Excerpts from a dataset

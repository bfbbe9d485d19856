//! The masks of one function's blocks to begin with, and the ways between them.

ghost use Rattle.std.specs.Prelude.{◌≡◌, ◌≢◌, ◌<◌, ◌==◌, ◌&&◌, ◌||◌, not, ℕ, IfOk, IsTrue, OnOk};
ghost use Rattle.std.specs.Prelude.{length, slice_index};
ghost use Rattle.std.specs.List.Sorted.{IsStrictlyIncreasing};
ghost use Rattle.mask_flow.specs.Reaches.{has_bit};
ghost use Rattle.live_regs.specs.Leaves.{ends_outside};
ghost use Rattle.live_regs.specs.Noted.{IsNoted};
ghost use Rattle.live_regs.specs.Inner.{AddsWays, IsNumber};

use crate::effects::{ALL, Effects, without};
use crate::program::Program;
use crate::search::{between, end_from, first_near, number_near, place_near};
use cfg_model::{Edge, EdgeKind, EndKind, Memory};
use mask_flow::Way;
use std::alloc::Global;

/// The blocks of one function, which are known by their places in its body.
#[derive(Drop)]
pub(crate) struct Nodes {
    /// For each block the registers that it writes.
    pub(crate) stops: Vec<u32>,
    /// For each block the registers that are live there by itself.
    pub(crate) masks: Vec<u32>,
    /// The edges within the body.
    pub(crate) ways: Vec<Way>,
    /// Where the next block and its edges most often stand: after the last ones, also if those are
    /// of another function.
    near_block: usize,
    near_edge: usize,
}

impl Nodes {
    ghost use Rattle.live_regs.specs.Inner.{AddsNode, HaveNodes};

    /// None.
    pub(crate) fn new(alloc: Global) -> Nodes {
        Nodes {
            stops: Vec::new(alloc),
            masks: Vec::new(alloc),
            ways: Vec::new(alloc),
            near_block: 0,
            near_edge: 0,
        }
    }

    /// Takes the blocks of this body in place of what was there.
    pub(crate) fn begin(&mut self, program: &Program, body: &[u64]) -> Result<(), Memory>
        requires noted { IsNoted program.now }
        requires rising { IsStrictlyIncreasing body.now }
        ensures { OnOk result (HaveNodes program.now.image.now program.now.blocks.now
            program.now.edges.now body.now (length body.now) self.new) }
    {
        self.stops.clear();
        self.masks.clear();
        self.ways.clear();
        for place in 0..body.len() {
            self.add(program, body, place)?;
        }
        Ok(())
    }

    /// Adds the block at this place. Where no block starts, nothing is live.
    fn add(&mut self, program: &Program, body: &[u64], place: usize) -> Result<(), Memory>
        requires noted { IsNoted program.now }
        requires rising { IsStrictlyIncreasing body.now }
        requires place { place < length body.now }
        ensures { OnOk result (AddsNode program.now.image.now program.now.blocks.now
            program.now.edges.now body.now place self.old self.new) }
    {
        match number_near(program.blocks, self.near_block, body[place]) {
            Some(number) => self.add_block(program, body, place, number),
            None => {
                self.stops.push(0)?;
                self.masks.push(0)?;
                Ok(())
            }
        }
    }

    /// Adds the block of this number.
    fn add_block(
        &mut self,
        program: &Program,
        body: &[u64],
        place: usize,
        number: usize,
    ) -> Result<(), Memory>
        requires noted { IsNoted program.now }
        requires rising { IsStrictlyIncreasing body.now }
        requires place { place < length body.now }
        requires number { IsNumber program.now.blocks.now (slice_index body.now place) number }
        ensures { OnOk result (AddsNode program.now.image.now program.now.blocks.now
            program.now.edges.now body.now place self.old self.new) }
    {
        let block = program.blocks[number];
        let first = first_near(program.edges, self.near_edge, block.start);
        let end = end_from(program.edges, first, block.start);
        let edges = between(program.edges, first, end);
        let by_edge = add_ways(edges, body, place, &mut self.ways)?;
        let leaves = leaves_by(block.kind, by_edge);
        let effects = program.effects(number);
        self.stops.push(effects.writes)?;
        self.masks.push(mask_of(effects, leaves))?;
        self.near_block = number + 1;
        self.near_edge = end;
        Ok(())
    }
}

/// Adds the ways along these edges from this place within the body. Answers whether another one of
/// these edges leaves the body.
fn add_ways(edges: &[Edge], body: &[u64], place: usize, ways: &mut Vec<Way>) -> Result<bool, Memory>
    requires rising { IsStrictlyIncreasing body.now }
    requires place { place < length body.now }
    ensures { IfOk result (AddsWays edges.now body.now place ways.old.items ways.new.items) }
{
    let mut leaves = false;
    for edge in edges {
        if !is_call(edge.kind) {
            match place_near(body, place + 1, edge.to) {
                Some(to) => ways.push(Way { from: place, to })?,
                None => leaves = true,
            }
        }
    }
    Ok(leaves)
}

/// The registers that are live at a block by itself: those that it reads first, and if it leaves the
/// function all that it does not write.
fn mask_of(effects: Effects, leaves: bool) -> u32
    ensures { (r : ℕ) → r < 32 → has_bit result r ≡ (has_bit effects.reads r
        || (leaves && not (r == 0) && not (has_bit effects.writes r))) }
{
    if leaves {
        effects.reads | without(ALL, effects.writes)
    } else {
        effects.reads
    }
}

/// Whether an edge of this kind is a call.
fn is_call(kind: EdgeKind) -> bool
    ensures call { IsTrue result → kind ≡ EdgeKind.Call }
    ensures other { ¬ IsTrue result → kind ≢ EdgeKind.Call }
{
    matches!(kind, EdgeKind::Call)
}

/// Whether a block that ends so leaves its function: by an edge, or by its end.
fn leaves_by(kind: EndKind, by_edge: bool) -> bool
    ensures { result ≡ (by_edge || ends_outside kind) }
{
    by_edge || ends_outside(kind)
}

/// Whether a block that ends so leaves its function.
fn ends_outside(kind: EndKind) -> bool
    ensures { result ≡ ends_outside kind }
{
    match kind {
        EndKind::Return
        | EndKind::Unknown
        | EndKind::Call
        | EndKind::IndirectCall
        | EndKind::BranchOut
        | EndKind::TableCut
        | EndKind::TableOpen => true,
        EndKind::Fall | EndKind::Branch | EndKind::Jump | EndKind::Table | EndKind::Stop => false,
    }
}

* DESCRIPTION OF THE TASK
Please show all lines from the entries that contain the word "ghost".

* RESULT OF THIS TASK
ghost use Rattle.std.specs.Prelude.{◌≡◌, ◌≢◌, ◌<◌, ◌==◌, ◌&&◌, ◌||◌, not, ℕ, IfOk, IsTrue, OnOk};
ghost use Rattle.std.specs.Prelude.{length, slice_index};
ghost use Rattle.std.specs.List.Sorted.{IsStrictlyIncreasing};
ghost use Rattle.mask_flow.specs.Reaches.{has_bit};
ghost use Rattle.live_regs.specs.Leaves.{ends_outside};
ghost use Rattle.live_regs.specs.Noted.{IsNoted};
ghost use Rattle.live_regs.specs.Inner.{AddsWays, IsNumber};
    ghost use Rattle.live_regs.specs.Inner.{AddsNode, HaveNodes};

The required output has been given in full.